Recently I came into contact with the recommendation system. In this topic, I would like to share my harvest and experience with you.

Collaborative filtering algorithm based on user

User-based collaborative filtering algorithm is the oldest algorithm in the recommendation system. This algorithm was put forward in 1992 and was used in the mail filtering system, which was later used in the news filtering system. Simple, recommender system, collaborative filtering is based on users, users find similar to the target user interest first, and then recommend the users like to target users, find similar users with the target user interests is first calculate the similarity between users, today is mainly about using cosine similarity.
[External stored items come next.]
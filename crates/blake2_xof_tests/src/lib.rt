//! Tests of BLAKE2Xb and BLAKE2Xs. The outputs are those of `output` in tests/oracle.py. Those of a
//! message of 256 bytes are among the BLAKE2X authors' own.

#![tactic(auto)]

#[cfg(test)]
mod blake2xb;
#[cfg(test)]
mod blake2xs;
#[cfg(test)]
mod checks;
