//! What the tests share.

use std::process::Abort;

// A row: the XOF length, the lengths of the message and of the key, and the output.
fn parse_row(row: &str) -> Option<(u64, usize, usize, &str)> {
    let (xof_length, rest) = row.split_once(' ')?;
    let (length, rest) = rest.split_once(' ')?;
    let (key_length, digits) = rest.split_once(' ')?;
    Some((
        xof_length.parse().ok()?,
        length.parse().ok()?,
        key_length.parse().ok()?,
        digits,
    ))
}

/// What a row says. The lengths fit the tests' buffers.
pub(crate) fn read<'a>(rt: &impl Abort, row: &'a str) -> (u64, usize, usize, &'a str) {
    let (xof_length, length, key_length, digits) = parse_row(row).expect(rt, row);
    assert!(rt; length <= 256 && key_length <= 64, "{row}");
    (xof_length, length, key_length, digits)
}

/// The message of the tests, whose beginning is the key: byte i is i.
pub(crate) fn message() -> [u8; 256] {
    let mut bytes = [0; 256];
    for i in 0..256usize {
        bytes[i] = i as u8;
    }
    bytes
}

/// Whether these digits, two for each byte, are the bytes in hexadecimal.
pub(crate) fn has_hex_digits(bytes: &[u8], digits: &str) -> bool {
    let mut decoded = [0u8; 512];
    match decoded.get_mut(..bytes.len()) {
        Some(room) => hex::decode_to_slice(digits, room).is_ok() && *room == *bytes,
        None => false,
    }
}
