//! The check of manifests.

ghost use Rattle.std.specs.Prelude.{◌≡◌, ◌≢◌, ◌⊎◌, ℕ, ◌<◌, ◌≤◌, ◌&&◌, ◌||◌, List, length};
ghost use Rattle.std.specs.Prelude.{Option, Some, None, not, true, false, IfOk, IfSome, OnOk};
ghost use Rattle.std.specs.Prelude.{[], ◌∷◌, ◌==◌, codes, Ok, is_none, if◌then◌else◌, IsErr};
ghost use Rattle.std.specs.Prelude.{IsErrOf, OnErr, map, ◌++◌, take};
ghost use Rattle.std.specs.Prelude.{IsOkUnless};
ghost use Rattle.std.specs.Io.KnownBytes.{Appends, Consumes};
ghost use Rattle.hex.specs.Hex.{encode_lower};
ghost use Rattle.std.specs.Option.{option_map};
ghost use Rattle.std.specs.Result.{result_ok};
ghost use Rattle.b2sum_lines.specs.EntryViews.{entry_value};
ghost use Rattle.b2sum_commands.specs.Messages.{LineNeeds, VerifiesNone, message, message_if};
ghost use Rattle.b2sum_commands.specs.World.{
  world_of,
  NamesAreDoneInTurn,
  KeepsOutputAndPlace,
  OnlyTells,
  AcceptsNothingOrPart,
};
ghost use Rattle.b2sum_commands.specs.World.{OpenFileHasFailed, SinkAcceptsOrFails, TellsText};
ghost use Rattle.b2sum_commands.specs.LineReads.{
  LineIsCutOff,
  SourceIsAfterLine,
  source_left,
  source_name_or_dash,
};
ghost use Rattle.b2sum_commands.specs.LineReads.{IsOpenManifest};
ghost use Rattle.b2sum_commands.specs.Manifests.{
  line_content_unless_comment,
  item,
  spacing_after_entry,
  VerdictIsRight,
};
ghost use Rattle.b2sum_commands.specs.Manifests.{
  LineIsChecked,
  NeedsNoOtherOptions,
  TellsWhyUnread,
  next_place,
};
ghost use Rattle.b2sum_commands.specs.Manifests.{StopsInLine, StopsInVerdict};
ghost use Rattle.b2sum_commands.specs.Reports.{
  CountsMatchVerdicts,
  CountsAddVerdict,
  has_no_entry,
  count_warnings,
};
ghost use Rattle.b2sum_commands.specs.Reports.{manifest_holds_by_counts, report_text};
ghost use Rattle.b2sum_commands.specs.Reports.{TellsManifestEnd};
ghost use Rattle.b2sum_commands.specs.Manifests.{
  outcome,
  name_with_outcome,
  verdict_lines,
  prints_nothing,
};
ghost use Rattle.b2sum_commands.specs.Manifests.{
  digests_are_shown,
  digest_lines,
  full_outcome,
  VerdictLinesAreAccepted,
};
ghost use Rattle.b2sum_commands.specs.Manifests.{bad_line_message, warns_of_bad_lines};
ghost use Rattle.b2sum_commands.specs.ManifestChecks.{
  item_value,
  IfItemIsEntry,
  ManifestIsChecked,
  ManifestIsCheckedFromHere,
};
ghost use Rattle.b2sum_commands.specs.ManifestChecks.{
  LinesAreReadAndChecked,
  CountsAtEnd,
  ManifestCheckIsStopped,
  TellsOpenFailure,
};
ghost use Rattle.b2sum_commands.specs.ReadAhead.{AreDigestsOfFiles};
ghost use Rattle.b2sum_commands.specs.SealedLists.{FileIsCheckedByOptions};
ghost use Rattle.b2sum_commands.specs.declared.line_reader.LineEnd.TheVariants.{Failure};
ghost use Rattle.b2sum_commands.specs.declared.check.Verdict.TheVariants.{Equal, Different};
ghost use Rattle.b2sum_commands.specs.declared.check.Verdict.TheVariants.{Skipped, Malformed};
ghost use Rattle.b2sum_commands.specs.declared.check.Verdict.TheVariants.{Unread, Comment};
ghost use Rattle.b2sum_commands.specs.declared.check.Verdict as verdict;
ghost use Rattle.b2sum_commands.specs.declared.sums.Read.TheVariants.{Whole, Missing, Failed};

use crate::ahead::Ahead;
use crate::devices::{Disk, Fault, OpenFile, Output, put};
use crate::expected::check_expected;
use crate::hashes::{Function, Hashes};
use crate::line_needs::{Lacks, meets};
use crate::line_reader::{LineEnd, LineReader};
use crate::listed_ahead::{Unchecked, go_on_in_list};
use crate::messages::{
    warn_of_count, warn_of_file, warn_of_foreign, warn_of_line, warn_of_line_needs, warn_of_needs,
    warn_of_no_entry, warn_of_none, warn_of_read,
};
use crate::options::{Options, Report};
use crate::other_hashes::is_line_of_other_hash;
use crate::sealed_checks::check_sealed;
use crate::session::{Host, Program, Session};
use crate::sums::{Read, digest_file, is_standard_input};
use b2sum_lines::{Entry, Spacing, Style, push_escaped, read_line};
use blake2_digest::constant_time_eq;
use blake2_streams::Sink;
use std::alloc::{AllocError, Global};

/// What the check of a line came to.
#[derive(Clone, Copy, Debug, PartialEq, Eq)]
pub enum Verdict {
    /// The file has the digest.
    Equal,
    /// The file has another digest.
    Different,
    /// The file cannot be read.
    Unread,
    /// The file does not exist, which is to be ignored.
    Skipped,
    /// The line is not that of an entry.
    Malformed,
    /// The line is that of an entry that needs other options.
    Unmet(Lacks),
    /// The line is a comment, or has nothing.
    Comment,
}

/// How many lines of a manifest came to what, and what some need. Each count stops at 2^64 - 1.
#[derive(Clone, Copy, Debug, PartialEq, Eq)]
pub struct Counts {
    /// Lines of files that have the digest.
    pub equal: u64,
    /// Lines of files that have another digest.
    pub different: u64,
    /// Lines of files that cannot be read.
    pub unread: u64,
    /// Lines of files that do not exist, which is ignored.
    pub skipped: u64,
    /// Lines that are not those of an entry.
    pub malformed: u64,
    /// Lines that need other options.
    pub unmet: u64,
    /// What these lines need.
    pub lacks: Lacks,
}

impl Counts {
    pub(crate) fn none() -> Counts
        ensures { CountsMatchVerdicts [] result }
    {
        Counts {
            equal: 0,
            different: 0,
            unread: 0,
            skipped: 0,
            malformed: 0,
            unmet: 0,
            lacks: Lacks::none(),
        }
    }

    // Adds a line with this verdict.
    pub(crate) fn add(&mut self, verdict: Verdict)
        ensures { CountsAddVerdict verdict self.old self.new }
    {
        match verdict {
            Verdict::Equal => self.equal = self.equal.saturating_add(1),
            Verdict::Different => self.different = self.different.saturating_add(1),
            Verdict::Unread => self.unread = self.unread.saturating_add(1),
            Verdict::Skipped => self.skipped = self.skipped.saturating_add(1),
            Verdict::Malformed => self.malformed = self.malformed.saturating_add(1),
            Verdict::Unmet(lacks) => {
                self.unmet = self.unmet.saturating_add(1);
                self.lacks.add(lacks);
            }
            Verdict::Comment => {}
        }
    }

    // Returns whether no line is that of an entry.
    fn has_no_entry(&self) -> bool
        ensures { result ≡ has_no_entry self.now }
    {
        self.equal == 0
            && self.different == 0
            && self.unread == 0
            && self.skipped == 0
            && self.unmet == 0
    }

    // Returns whether a file has its digest, and no line fails the check.
    fn holds(&self, is_strict: bool) -> bool
        ensures { result ≡ manifest_holds_by_counts is_strict self.now }
    {
        self.equal > 0
            && self.different == 0
            && self.unread == 0
            && self.unmet == 0
            && (!is_strict || self.malformed == 0)
    }
}

/// Checks each file, from the first to the last: compares it with a digest, if the options have
/// one, or checks it as a manifest, or as a sealed list. Returns whether all have the digest, or
/// hold.
pub fn check_manifests<H: Hashes, D: Disk, K: Output, E: Sink>(
    host: &Host<H, D>,
    options: &Options,
    session: &mut Session<D::File, K, E>,
    names: &[Vec<u8>],
) -> Result<bool, Fault>
    ensures checked { NamesAreDoneInTurn (FileIsCheckedByOptions
        (world_of host.now.program.name.items D.File.named D.File.failed D.File.failure
        (D.files host.now.disk) H.hashing) options.now)
        (map (λ name. name.items) names.now) session.old session.new (result_ok result) }
    ensures write { IsErrOf result Fault.WriteFailed → session.new.output_failed ≡ true }
{
    let mut all_hold = true;
    for name in names {
        let holds = check_list(host, options, session, name.as_slice())?;
        all_hold &= holds;
    }
    Ok(all_hold)
}

// Checks the file of this name as the options say. Returns whether it has the digest, or holds.
fn check_list<H: Hashes, D: Disk, K: Output, E: Sink>(
    host: &Host<H, D>,
    options: &Options,
    session: &mut Session<D::File, K, E>,
    name: &[u8],
) -> Result<bool, Fault>
    ensures checked { FileIsCheckedByOptions
        (world_of host.now.program.name.items D.File.named D.File.failed D.File.failure
        (D.files host.now.disk) H.hashing)
        options.now name.now session.old session.new (result_ok result) }
    ensures write { IsErrOf result Fault.WriteFailed → session.new.output_failed ≡ true }
{
    if let Some(digest) = &options.expected {
        return check_expected(host, options, session, digest, name);
    }
    if options.is_sealed {
        check_sealed(host, options, session, name)
    } else {
        check_manifest(host, options, session, name)
    }
}

/// Checks the manifest of this name, or standard input for `-`, line by line as it is read. Returns
/// whether it has an entry that is equal, none that differs, cannot be read or needs other options,
/// and, if the check is strict, no line that is not that of an entry. After an error the lines
/// before it are printed, and of the next nothing or a part.
pub fn check_manifest<H: Hashes, D: Disk, K: Output, E: Sink>(
    host: &Host<H, D>,
    options: &Options,
    session: &mut Session<D::File, K, E>,
    name: &[u8],
) -> Result<bool, Fault>
    ensures checked { ManifestIsChecked
        (world_of host.now.program.name.items D.File.named D.File.failed D.File.failure
        (D.files host.now.disk) H.hashing)
        options.now name.now session.old session.new (result_ok result) }
    ensures write { IsErrOf result Fault.WriteFailed → session.new.output_failed ≡ true }
{
    session.begin_manifest(host.program.alloc, options, name)?;
    let Some(manifest) = open_manifest(host, session, name)? else {
        return Ok(false);
    };
    check_open(host, options, session, manifest, name)
}

// Checks a manifest that is open, of this name, at the place that the session has.
fn check_open<H: Hashes, D: Disk, K: Output, E: Sink>(
    host: &Host<H, D>,
    options: &Options,
    session: &mut Session<D::File, K, E>,
    mut manifest: Manifest<D::File>,
    name: &[u8],
) -> Result<bool, Fault>
    requires { IsOpenManifest D.File.named D.File.left ((D.files host.now.disk).holds name.now)
        session.old.left name.now manifest.file manifest.lines }
    ensures checked { ManifestIsCheckedFromHere
        (world_of host.now.program.name.items D.File.named D.File.failed D.File.failure
        (D.files host.now.disk) H.hashing)
        options.now name.now session.old session.new (result_ok result) }
    ensures write { IsErrOf result Fault.WriteFailed → session.new.output_failed ≡ true }
{
    let found = check_lines(host, options, session, &mut manifest)?;
    end_manifest(&host.program, options, &mut session.messages, name, found)
}

// A manifest that is open.
#[derive(Drop)]
struct Manifest<F> {
    // The file, or `None` for standard input.
    file: Option<F>,
    lines: LineReader,
}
Cosine similarity principle

The cosine value of the Angle between two vectors in the vector space is used to measure the difference between two individuals. The closer the value is to 1, the closer the Angle is to 0°, that is, the more similar the two vectors are, which is called cosine similarity

Cosine similarity formula

Take out the formula from the book, hesitate not to type mathematical formula online, use handwritten photos instead

Direct endorsement might confuse you, but let me give you the popular version

I think you can see this in the popular version, but now I’m going to do the derivation

The process of deriving a formula

As shown in figure A and B vectors, the Angle between them is θ

Make auxiliary line C as shown in figure

Now, the problem is to find the cosine of theta, which, according to the law of cosines, is better than if you remember

I’m going to put this model in two dimensional coordinates

Then, the constructed triangle has three sides with the following lengths:

Substitute the side lengths of A, B and C into the formula of the law of cosines, and the calculation process is as follows:

This is derived in two dimensional coordinates, and if you extend the process to n-bit coordinates, this is the simple version of the formula above

Take a chestnut

User A is interested in items A, B and D; user B is interested in items A and C; user C is interested in items B and E; and user D is interested in items C, D and E. This is converted into A vector graph and put into the formula to calculate the similarity. The calculation process is shown in the figure

Cosine similarity for everyone to share here, welcome everyone to exchange, point out some of the wrong places in the article, let me deepen my understanding, I wish you no bug, thank you!